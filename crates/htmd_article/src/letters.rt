//! Letters, and the signs of links to headings.
ghost use Rattle.std.specs.Prelude.{◌≡◌, count_by};
ghost use Rattle.std.specs.Str.{chars};
ghost use Rattle.htmd_article.specs.Facts.{counts_of};
ghost use Rattle.htmd_article.specs.Letters as spec;

use crate::facts::Counts;

/// Whether the character is punctuation, a symbol or private, if it is above ASCII.
fn is_mark(c: char) -> bool
    ensures { result ≡ spec.is_mark c }
{
    matches!(c, '\0'..='¿' | '×' | '÷')
        || matches!(c, '\u{2000}'..='\u{2BFF}' | '\u{3000}'..='\u{3003}' | '\u{E000}'..='\u{F8FF}')
}

/// Whether the character is a letter or a digit of any script.
fn is_letter(c: char) -> bool
    ensures { result ≡ spec.is_letter c }
{
    if c.is_ascii() {
        return c.is_ascii_alphanumeric();
    }
    !is_mark(c)
}

/// Whether the character is one that links to headings show.
fn is_sign(c: char) -> bool
    ensures { result ≡ spec.is_sign c }
{
    matches!(c, '#' | '§' | '¶' | '\u{F0C1}' | '\u{1F517}')
}

fn letters_in(text: &str) -> usize
    ensures { result ≡ count_by spec.is_letter (chars text.now) }
{
    text.chars().filter(|c| is_letter(*c)).count()
}

/// How many characters of the text aren't ASCII white space.
fn characters_in(text: &str) -> usize
    ensures { result ≡ count_by spec.is_seen (chars text.now) }
{
    text.chars().filter(|c| !c.is_ascii_whitespace()).count()
}

fn signs_in(text: &str) -> usize
    ensures { result ≡ count_by spec.is_sign (chars text.now) }
{
    text.chars().filter(|c| is_sign(*c)).count()
}

/// How many characters of the text are letters, are seen, and are signs.
pub(crate) fn counts_of(text: &str) -> Counts
    ensures { result ≡ counts_of text.now }
{
    Counts {
        letters: letters_in(text),
        characters: characters_in(text),
        signs: signs_in(text),
    }
}
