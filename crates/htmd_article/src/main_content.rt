//! The main content of a page, as a page of its own.
ghost use Rattle.std.specs.Prelude.{◌≡◌, ◌<◌, ◌++◌, ◌∷◌, [], length, IfOk, OnOk};
ghost use Rattle.htmd_nodes.specs.Items.{document_item};
ghost use Rattle.htmd_nodes.specs.Layout.{forest_items};
ghost use Rattle.htmd_nodes.specs.NumberedTrees.{value_at};
ghost use Rattle.htmd_article.specs.Articles as spec;
ghost use Rattle.htmd_article.specs.Density.{densest_of};
ghost use Rattle.htmd_article.specs.PartViews.{part_of};
ghost use Rattle.htmd_article.specs.TopLinks.{without_top_links};
ghost use Rattle.htmd_article.specs.Writing.{written_whole};

use crate::choices::{Chosen, chosen_by, large_article, said_by, said_prose};
use crate::density::densest;
use crate::frame::without_frame;
use crate::outermost::Landmark;
use crate::parts::{Part, first_body, known};
use crate::writing::{push_below_links, push_block, push_outermost, push_part, push_parts};
use htmd_nodes::{NodeData, NodeId, Tree};
use std::alloc::{AllocError, Global};

/// The main content of a page, and the rule by which it was chosen.
#[derive(Drop)]
pub struct Article {
    pub tree: Tree,
    pub chosen: Chosen,
}

fn new_tree(alloc: Global) -> Result<Tree, AllocError>
    ensures { IfOk result (λ tree. tree ≡ document_item ∷ []) }
{
    match Tree::new(alloc) {
        Ok(tree) => Ok(tree),
        Err(_) => Err(AllocError),
    }
}

/// Appends a part to the Document of a tree; of a Document what is below it.
#[tactic(auto, using(crate::proofs::ContentLemmas::whole_steps))]
fn push_whole(out: &mut Tree, part: &Part, alloc: Global) -> Result<(), AllocError>
    ensures { OnOk result (out.new ≡ out.old ++ forest_items 1 0 (length out.old)
        (written_whole (part_of part.now))) }
{
    let root = out.root();
    match part.node {
        NodeData::Document => push_parts(out, root, part.parts.as_slice(), false, alloc),
        _ => push_part(out, root, part, false, alloc),
    }
}

/// The same without the links above the content, unless all is links.
#[tactic(auto, using(crate::proofs::ContentLemmas::linkless_steps))]
fn push_content(out: &mut Tree, part: &Part, alloc: Global) -> Result<(), AllocError>
    ensures { OnOk result (out.new ≡ out.old ++ forest_items 1 0 (length out.old)
        (written_whole (without_top_links (part_of part.now)))) }
{
    if part.facts.is_linked() {
        return push_whole(out, part, alloc);
    }
    let root = out.root();
    match part.node {
        NodeData::Document => push_below_links(out, root, part.parts.as_slice(), false, alloc),
        _ => push_block(out, root, part, false, alloc),
    }
}

/// Appends the part with the most prose in a body to the Document of a tree, without the links above the content.
fn push_densest(out: &mut Tree, body: &Part, alloc: Global) -> Result<Chosen, AllocError>
    ensures out { OnOk result (out.new ≡ out.old ++ forest_items 1 0 (length out.old)
        (spec.by_density (densest_of (part_of body.now))).content) }
    ensures chosen { IfOk result (λ chosen. chosen ≡ (spec.by_density (densest_of (part_of body.now))).chosen) }
{
    let best = densest(body);
    push_content(out, best.part, alloc)?;
    Ok(best.chosen)
}

/// Appends what the page says is its main content to the Document of a tree; where it says nothing, the densest part.
#[tactic(auto, using(crate::proofs::ContentLemmas::root_steps))]
fn push_said(
    out: &mut Tree,
    said: Option<Landmark>,
    body: &Part,
    alloc: Global,
) -> Result<Chosen, AllocError>
    ensures out { OnOk result (out.new ≡ out.old ++ forest_items 1 0 (length out.old)
        (spec.by_saying (part_of body.now) said).content) }
    ensures chosen { IfOk result (λ chosen. chosen ≡ (spec.by_saying (part_of body.now) said).chosen) }
{
    let Some(mark) = said else {
        return push_densest(out, body, alloc);
    };
    let root = out.root();
    push_outermost(out, root, mark, body, alloc)?;
    Ok(chosen_by(mark))
}

/// Appends the main content of a body without frame to the Document of a tree.
#[tactic(auto, using(crate::proofs::ContentLemmas::root_steps))]
fn push_chosen(out: &mut Tree, body: &Part, alloc: Global) -> Result<Chosen, AllocError>
    ensures out { OnOk result (out.new ≡ out.old ++ forest_items 1 0 (length out.old)
        (spec.chosen_in (part_of body.now)).content) }
    ensures chosen { IfOk result (λ chosen. chosen ≡ (spec.chosen_in (part_of body.now)).chosen) }
{
    let said = said_by(body)?;
    let prose = said_prose(said, body)?;
    let Some(article) = large_article(prose, said, body) else {
        return push_said(out, said, body, alloc);
    };
    let root = out.root();
    push_part(out, root, article, false, alloc)?;
    Ok(Chosen::Article)
}

/// Appends the main content of a body to the Document of a tree: all, if nothing shows outside of the frame.
fn push_article(out: &mut Tree, whole: &Part, alloc: Global) -> Result<Chosen, AllocError>
    ensures out { OnOk result (out.new ≡ out.old ++ forest_items 1 0 (length out.old)
        (spec.article_in (part_of whole.now)).content) }
    ensures chosen { IfOk result (λ chosen. chosen ≡ (spec.article_in (part_of whole.now)).chosen) }
{
    let body = without_frame(alloc, Some(whole.facts.prose), whole)?;
    if body.facts.shows() {
        return push_chosen(out, &body, alloc);
    }
    push_whole(out, whole, alloc)?;
    Ok(Chosen::Body)
}

/// The body of a page, or the Document if it has none.
fn body_of(tree: &Tree) -> NodeId
    ensures within { result < length tree.now }
    ensures value { value_at tree.now result ≡ spec.body_of (value_at tree.now 0) }
{
    let root = tree.root();
    match first_body(tree, root) {
        Some(body) => body,
        None => root,
    }
}

/// The main content of a page. `Err` means out of memory.
pub fn article_of(alloc: Global, tree: &Tree) -> Result<Article, AllocError>
    ensures tree { IfOk result (λ article. article.tree ≡ spec.article_page tree.now) }
    ensures chosen { IfOk result (λ article. article.chosen ≡ (spec.article_of (value_at tree.now 0)).chosen) }
{
    let whole = known(alloc, tree, body_of(tree), false)?;
    let mut out = new_tree(alloc)?;
    let chosen = push_article(&mut out, &whole, alloc)?;
    Ok(Article { tree: out, chosen })
}
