//! What is known of a node.
ghost use Rattle.std.specs.Prelude.{◌≡◌, ◌+◌, ◌*◌, nat_lt, IfOk};
ghost use Rattle.htmd_lexical.specs.Attributes.{pairs_of};
ghost use Rattle.htmd_nodes.specs.Views.{data_of};
ghost use Rattle.htmd_article.specs.Facts as spec;

use crate::letters::counts_of;
use crate::names::{is_block, is_heading, is_unseen};
use crate::sayings::is_main;
use htmd_nodes::{Attribute, Name, NodeData};
use std::alloc::AllocError;

/// Characters in a node, shown or not.
#[derive(Clone, Copy, Drop)]
pub(crate) struct Counts {
    pub(crate) letters: usize,
    /// Those that aren't ASCII white space.
    pub(crate) characters: usize,
    /// The signs of links to headings.
    pub(crate) signs: usize,
}

impl Counts {
    pub(crate) const NONE: Counts = Counts {
        letters: 0,
        characters: 0,
        signs: 0,
    };
}

/// What is known of a node.
#[derive(Clone, Copy, Drop)]
pub(crate) struct Facts {
    pub(crate) counts: Counts,
    /// Letters in it but in no block in it, and those of them in links.
    pub(crate) own: usize,
    pub(crate) own_linked: usize,
    /// Letters in blocks in it: of prose, and of links.
    pub(crate) prose: usize,
    pub(crate) links: usize,
    pub(crate) has_heading: bool,
    pub(crate) has_h1: bool,
    pub(crate) has_main: bool,
}

impl Facts {
    /// Of a node in which nothing is.
    pub(crate) const NONE: Facts = Facts {
        counts: Counts::NONE,
        own: 0,
        own_linked: 0,
        prose: 0,
        links: 0,
        has_heading: false,
        has_h1: false,
        has_main: false,
    };

    /// Whether letters of it show.
    pub(crate) fn shows(self) -> bool
        ensures { result ≡ spec.shows self }
    {
        self.prose > 0 || self.links > 0
    }

    /// Whether more of its letters are links than prose.
    pub(crate) fn is_linked(self) -> bool
        ensures { result ≡ spec.is_linked self }
    {
        self.links > self.prose
    }
}

/// `Err` means that the sum is no number of letters in memory.
pub(crate) fn sum(a: usize, b: usize) -> Result<usize, AllocError>
    ensures { IfOk result (λ n. n ≡ a + b) }
{
    match a.checked_add(b) {
        Some(n) => Ok(n),
        None => Err(AllocError),
    }
}

fn counts_sum(a: Counts, b: Counts) -> Result<Counts, AllocError>
    ensures { IfOk result (λ counts. counts ≡ spec.counts_sum a b) }
{
    Ok(Counts {
        letters: sum(a.letters, b.letters)?,
        characters: sum(a.characters, b.characters)?,
        signs: sum(a.signs, b.signs)?,
    })
}

/// Of two nodes beside each other.
pub(crate) fn facts_sum(a: Facts, b: Facts) -> Result<Facts, AllocError>
    ensures { IfOk result (λ facts. facts ≡ spec.facts_sum a b) }
{
    Ok(Facts {
        counts: counts_sum(a.counts, b.counts)?,
        own: sum(a.own, b.own)?,
        own_linked: sum(a.own_linked, b.own_linked)?,
        prose: sum(a.prose, b.prose)?,
        links: sum(a.links, b.links)?,
        has_heading: a.has_heading || b.has_heading,
        has_h1: a.has_h1 || b.has_h1,
        has_main: a.has_main || b.has_main,
    })
}

/// Of a text, in a link or not.
pub(crate) fn text_facts(is_linked: bool, text: &str) -> Facts
    ensures { result ≡ spec.text_facts is_linked text.now }
{
    let counts = counts_of(text);
    let letters = counts.letters;
    Facts {
        counts,
        own: if is_linked { 0 } else { letters },
        own_linked: if is_linked { letters } else { 0 },
        ..Facts::NONE
    }
}

/// Whether more than two thirds of so many letters and so many linked ones are linked.
fn are_linked(own: usize, own_linked: usize) -> bool
    ensures { result ≡ nat_lt (2 * own) own_linked }
{
    own < own_linked.saturating_sub(own)
}

/// Of a block, by the letters in no block in it.
fn with_block(facts: Facts) -> Result<Facts, AllocError>
    ensures { IfOk result (λ block. block ≡ spec.with_block facts) }
{
    let own = sum(facts.own, facts.own_linked)?;
    let (prose, links) = if are_linked(facts.own, facts.own_linked) {
        (facts.prose, sum(facts.links, own)?)
    } else {
        (sum(facts.prose, own)?, facts.links)
    };
    Ok(Facts {
        own: 0,
        own_linked: 0,
        prose,
        links,
        ..facts
    })
}

/// Of an element, by what is below it.
fn element_facts(name: &Name, attrs: &[Attribute], below: Facts) -> Result<Facts, AllocError>
    ensures { IfOk result (λ facts. facts ≡ spec.element_facts name.now (pairs_of attrs.now) below) }
{
    if is_unseen(name) {
        return Ok(Facts {
            counts: below.counts,
            ..Facts::NONE
        });
    }
    let facts = Facts {
        has_heading: is_heading(name) || below.has_heading,
        has_h1: name.as_str() == "h1" || below.has_h1,
        has_main: is_main(name, attrs) || below.has_main,
        ..below
    };
    if is_block(name) {
        return with_block(facts);
    }
    Ok(facts)
}

/// Of a node, by what is below it.
pub(crate) fn facts_over(node: &NodeData, below: Facts) -> Result<Facts, AllocError>
    ensures { IfOk result (λ facts. facts ≡ spec.facts_over (data_of node.now) below) }
{
    match node {
        NodeData::Document => with_block(below),
        NodeData::Element { name, attrs } => element_facts(name, attrs.as_slice(), below),
        NodeData::Doctype | NodeData::Text(_) | NodeData::Comment(_) => Ok(below),
    }
}
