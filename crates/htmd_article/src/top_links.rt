//! What stands above the content.
ghost use Rattle.std.specs.Prelude.{◌≡◌};
ghost use Rattle.htmd_nodes.specs.Views.{data_of};
ghost use Rattle.htmd_article.specs.TopLinks as spec;

use crate::facts::Facts;
use crate::names::{is_block, is_unseen};
use htmd_nodes::NodeData;

/// What a node is to those after it.
#[derive(Clone, Copy, Drop)]
pub(crate) enum Place {
    /// Links that go.
    Links,
    /// The first block that stays.
    Block,
    /// Other content.
    Content,
    /// Nothing that shows.
    Nothing,
}

/// What a block is to those after it.
fn block_place(facts: Facts) -> Place
    ensures { result ≡ spec.block_place facts }
{
    if facts.is_linked() && !facts.has_heading {
        return Place::Links;
    }
    if facts.shows() || facts.has_heading {
        return Place::Block;
    }
    Place::Nothing
}

/// What a node that is no block is to those after it.
fn inline_place(is_unseen: bool, facts: Facts) -> Place
    ensures { result ≡ spec.inline_place is_unseen facts }
{
    if !is_unseen && facts.counts.letters > 0 {
        return Place::Content;
    }
    Place::Nothing
}

/// What a node is to those after it.
pub(crate) fn place_of(node: &NodeData, facts: Facts) -> Place
    ensures { result ≡ spec.place_of (data_of node.now) facts }
{
    match node {
        NodeData::Element { name, .. } => {
            if is_block(name) {
                block_place(facts)
            } else {
                inline_place(is_unseen(name), facts)
            }
        }
        NodeData::Document | NodeData::Doctype | NodeData::Text(_) | NodeData::Comment(_) => {
            inline_place(false, facts)
        }
    }
}
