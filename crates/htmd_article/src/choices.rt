//! What a page says is its main content.
ghost use Rattle.std.specs.Prelude.{◌≡◌, IfOk};
ghost use Rattle.htmd_article.specs.Articles as articles;
ghost use Rattle.htmd_article.specs.Choices as spec;
ghost use Rattle.htmd_article.specs.PartViews.{part_of, part_found};

use crate::outermost::{Landmark, large_in, large_within, outermost_count, outermost_prose};
use crate::parts::Part;
use std::alloc::AllocError;

/// The rule by which the main content was chosen.
#[derive(Debug, Clone, Copy, PartialEq, Eq, Drop)]
pub enum Chosen {
    /// The elements that say that they are the main part.
    Main,
    /// The only element that says that it is the body of an article.
    ArticleBody,
    /// An article that holds more than half of the prose.
    Article,
    /// The element with the most prose and few links.
    Density,
    /// Nothing better than the whole page.
    Body,
}

/// What a page says is its main content: its main part, else the body of an article, if there is just one.
pub(crate) fn said_by(body: &Part) -> Result<Option<Landmark>, AllocError>
    ensures { IfOk result (λ said. said ≡ spec.said_by (part_of body.now)) }
{
    if outermost_count(Landmark::Main, body)? != 0 {
        return Ok(Some(Landmark::Main));
    }
    if outermost_count(Landmark::ArticleBody, body)? == 1 {
        return Ok(Some(Landmark::ArticleBody));
    }
    Ok(None)
}

/// How many letters of prose are in what the page says is its main content.
pub(crate) fn said_prose(said: Option<Landmark>, body: &Part) -> Result<usize, AllocError>
    ensures { IfOk result (λ prose. prose ≡ spec.prose_in (spec.said_parts said (part_of body.now))) }
{
    match said {
        Some(mark) => outermost_prose(mark, body),
        None => Ok(body.facts.prose),
    }
}

/// An article with more than half of so many letters of prose in what the page says is its main content.
pub(crate) fn large_article<'p, 't>(
    whole: usize,
    said: Option<Landmark>,
    body: &'p Part<'t>,
) -> Option<&'p Part<'t>>
    ensures { part_found result ≡ spec.large_article whole (spec.said_parts said (part_of body.now)) }
{
    match said {
        Some(mark) => large_within(whole, mark, body),
        None => large_in(whole, body),
    }
}

/// The rule that chooses such elements.
pub(crate) fn chosen_by(mark: Landmark) -> Chosen
    ensures { result ≡ articles.chosen_by mark }
{
    match mark {
        Landmark::Main => Chosen::Main,
        Landmark::ArticleBody => Chosen::ArticleBody,
        Landmark::Article => Chosen::Article,
    }
}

▸ Aim of the task
Nothing but the lines from the one that contains "-> Option<&'p Part<'t>>" through the end of the data above should appear, each reproduced exactly.

▸ Response
) -> Option<&'p Part<'t>>
    ensures { part_found result ≡ spec.large_article whole (spec.said_parts said (part_of body.now)) }
{
    match said {
        Some(mark) => large_within(whole, mark, body),
        None => large_in(whole, body),
    }
}

/// The rule that chooses such elements.
pub(crate) fn chosen_by(mark: Landmark) -> Chosen
    ensures { result ≡ articles.chosen_by mark }
{
    match mark {
        Landmark::Main => Chosen::Main,
        Landmark::ArticleBody => Chosen::ArticleBody,
        Landmark::Article => Chosen::Article,
    }
}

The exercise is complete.